Acepto que soy el traumatólogo de Leo Harlem en la película Perdiendo el Este. Asumo que, por mucho que el bueno del leonés me bautizase como el Ricardo Darín de Jaca, el cine es devoción pero no favoreceré por más tiempo el hundimiento de la industria en España, por mucho que pronto se descubra que he reincidido con Rodolfo Sancho, Miriam Díaz-Aroca y Cayetana Guillén Cuervo en otro proyecto de inminente estreno.
Reconozco, en cambio, que tengo una nueva oferta para participar en un thriller, que es gran género cinematográfico, a falta de otras categorías del séptimo arte a las que mi cuerpo no ha sido llamado ni lo será, por pudor y prestigio. Cuestión de talla y de talento.
En la comedia producida por Nacho García Velilla, hay una crítica subyacente a la insatisfacción de toda una generación de españoles que han tenido que abandonar nuestro país para buscar oportunidades profesionales en lugares fríos y de habla extraña. Se han resignado, muy a su pesar, a hacer maletas y liarse la manta a la cabeza, en una Europa con muchos corazones con freno y marcha atrás.
Pero, de un tiempo a esta parte, comienzo a sentir un espíritu de rebeldía nuevo, una sedición inconsciente de una juventud que se subleva ante el porvenir cautivo y ante las reglas acomodaticias de una sociedad cegada. Son nuestros hijos y no los reconocemos porque somos ya incapaces de reconocernos a nosotros mismos. Y se rebelan inteligentemente, sin ira, con la melancolía del personaje de Melville, Bartleby, el escribiente.
En la trama del relato del escritor norteamericano, un abogado autocomplaciente de Nueva York contrata a un nuevo escribiente para compensar la falta de rendimiento de sus tres empleados. Enfrentado a una ventana desde donde contempla la construcción de la megalópolis, el nuevo empleado comienza a trabajar. Un buen día, rechaza una orden de su jefe bajo la respuesta terrorífica “Preferiría no hacerlo” (“I would prefer not to”). Desde ese instante, el escribiente, un hombre sin memoria aparente ni biografía, se resiste a aceptar los nuevos encargos del abogado, replicando siempre la misma frase.
El abogado, arrastrado hasta los límites de la razón por la actitud de su empleado, decide despedirlo, pero Bartleby se niega a abandonar la oficina. Huyendo del absurdo de la situación, el abogado opta por mudarse a unas nuevas oficinas, pero el escribiente decide quedarse en su despacho. Bartleby es aprehendido por la policía ante su resistencia a abandonar la oficina que había convertido en su hogar, y es finalmente encerrado en la cárcel, donde se deja morir por inanición.

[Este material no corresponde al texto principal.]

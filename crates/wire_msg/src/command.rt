//! What a node is told to do.

ghost use Rattle.std.specs.Prelude.{◌≡◌, ◌<◌, ◌≤◌, ◌⊎◌, IfOk, MatchOption};

use crate::limits::MOST_COPIES;
use ring_math::{Bytes, FileId, Id, OutOfMemory};
use std::alloc::Global;
use std::marker::Model;

/// How many copies an insert asks for, 1 to [`MOST_COPIES`].
#[derive(Clone, Copy, PartialEq, Eq, Debug)]
pub struct Copies(u8);

impl Model for Copies {
    ghost use Rattle.std.specs.Prelude.{ℕ, ◌≤◌};
    ghost use Rattle.wire_msg.specs.declared.limits.TheConstants.{MOST_COPIES};

    ghost Value = { ℕ };

    ghost view = { λ a. a.0 };

    ghost invariant = { λ a. (1 ≤ a.0) × (a.0 ≤ MOST_COPIES) };

    ghost inverse = { λ n. record { 0 = n } };
}

impl Copies {
    /// A number of copies, None exactly where it is not 1 to [`MOST_COPIES`].
    pub fn new(n: u8) -> Option<Copies>
        ensures { MatchOption result ((n < 1) ⊎ (MOST_COPIES < n)) (λ copies. (copies ≡ n) × (1 ≤ n) × (n ≤ MOST_COPIES)) }
    {
        if n >= 1 && n <= MOST_COPIES {
            Some(Copies(n))
        } else {
            None
        }
    }

    pub fn get(self) -> u8
        ensures value { result ≡ self }
        ensures range { (1 ≤ self) × (self ≤ MOST_COPIES) }
    {
        self.0
    }
}

/// A command to a node.
#[derive(Drop)]
pub enum Command {
    /// Join the overlay by way of a node.
    Join {
        via: Id,
    },
    /// Find the node closest to a key.
    Lookup {
        key: Id,
    },
    /// Keep a file on so many nodes.
    Insert {
        file: FileId,
        copies: Copies,
        bytes: Bytes,
    },
    /// Bring the bytes of a file.
    Fetch {
        file: FileId,
    },
    /// Stop the join that is under way.
    GiveUp,
    /// Take a file away for good.
    Reclaim {
        file: FileId,
    },
}

impl Command {
    /// The same command, which shares the bytes that this one names.
    pub fn copy(&self, alloc: Global) -> Result<Command, OutOfMemory>
        ensures { IfOk result (λ command. command ≡ self.now) }
    {
        Ok(match self {
            Command::Join { via } => Command::Join { via: *via },
            Command::Lookup { key } => Command::Lookup { key: *key },
            Command::Insert {
                file,
                copies,
                bytes,
            } => Command::Insert {
                file: *file,
                copies: *copies,
                bytes: bytes.copy(alloc)?,
            },
            Command::Fetch { file } => Command::Fetch { file: *file },
            Command::GiveUp => Command::GiveUp,
            Command::Reclaim { file } => Command::Reclaim { file: *file },
        })
    }
}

“I would prefer not to”. En vez de pronunciar una negativa categórica, un “no” firme, se decanta por la displicencia y hasta la soberbia con su “prefer”. Es una expresión al punto intolerable, incomprensible por absurda, en una sociedad que expulsa a cualquier tipo que no se acoja a las reglas establecidas. Desde un punto de vista etimológico, “preferir” procede del latín “praefero”, donde “prae” significa “antes de” y “fero”, sufrir.
Así, Bartleby podría utilizar la negación como una fórmula pretendida para soportar el sufrimiento. No quiere el escribiente pertenecer a esa sociedad, así de sencillo, y es plenamente consciente de ello cuando pronuncia casi al final la frase: “Sé donde estoy”. Bartleby se subleva contra las reglas y convenciones dominantes, pero no de forma beligerante. Esencialmente las niega.
Así nuestros jóvenes, hoy y ahora. Rebeldes sin quererlo, rebeldes con consciencia y con conciencia, que lo mismo es. Preferirían no hacerlo pero saben que no tienen otro remedio que decir que no. Son también escribientes en un mundo donde cada vez hay más muros, ahora digitales, allí donde en Berlín cayó la muralla. Y aspiran también a no sufrir.
Lo más grave, o quizá lo más esperanzador, es que “la preferencia por el no” tiene un efecto-contagio, y se inocula involuntariamente en más individuos, como de hecho pasa también en la historia de Melville donde el resto de empleados empiezan a utilizar también la expresión “preferir”. Preferiría ser siempre joven y entender ese espíritu inmanente de rebeldía. Preferiría no ceder a la tentación de la renuncia. Preferiría no hacerlo.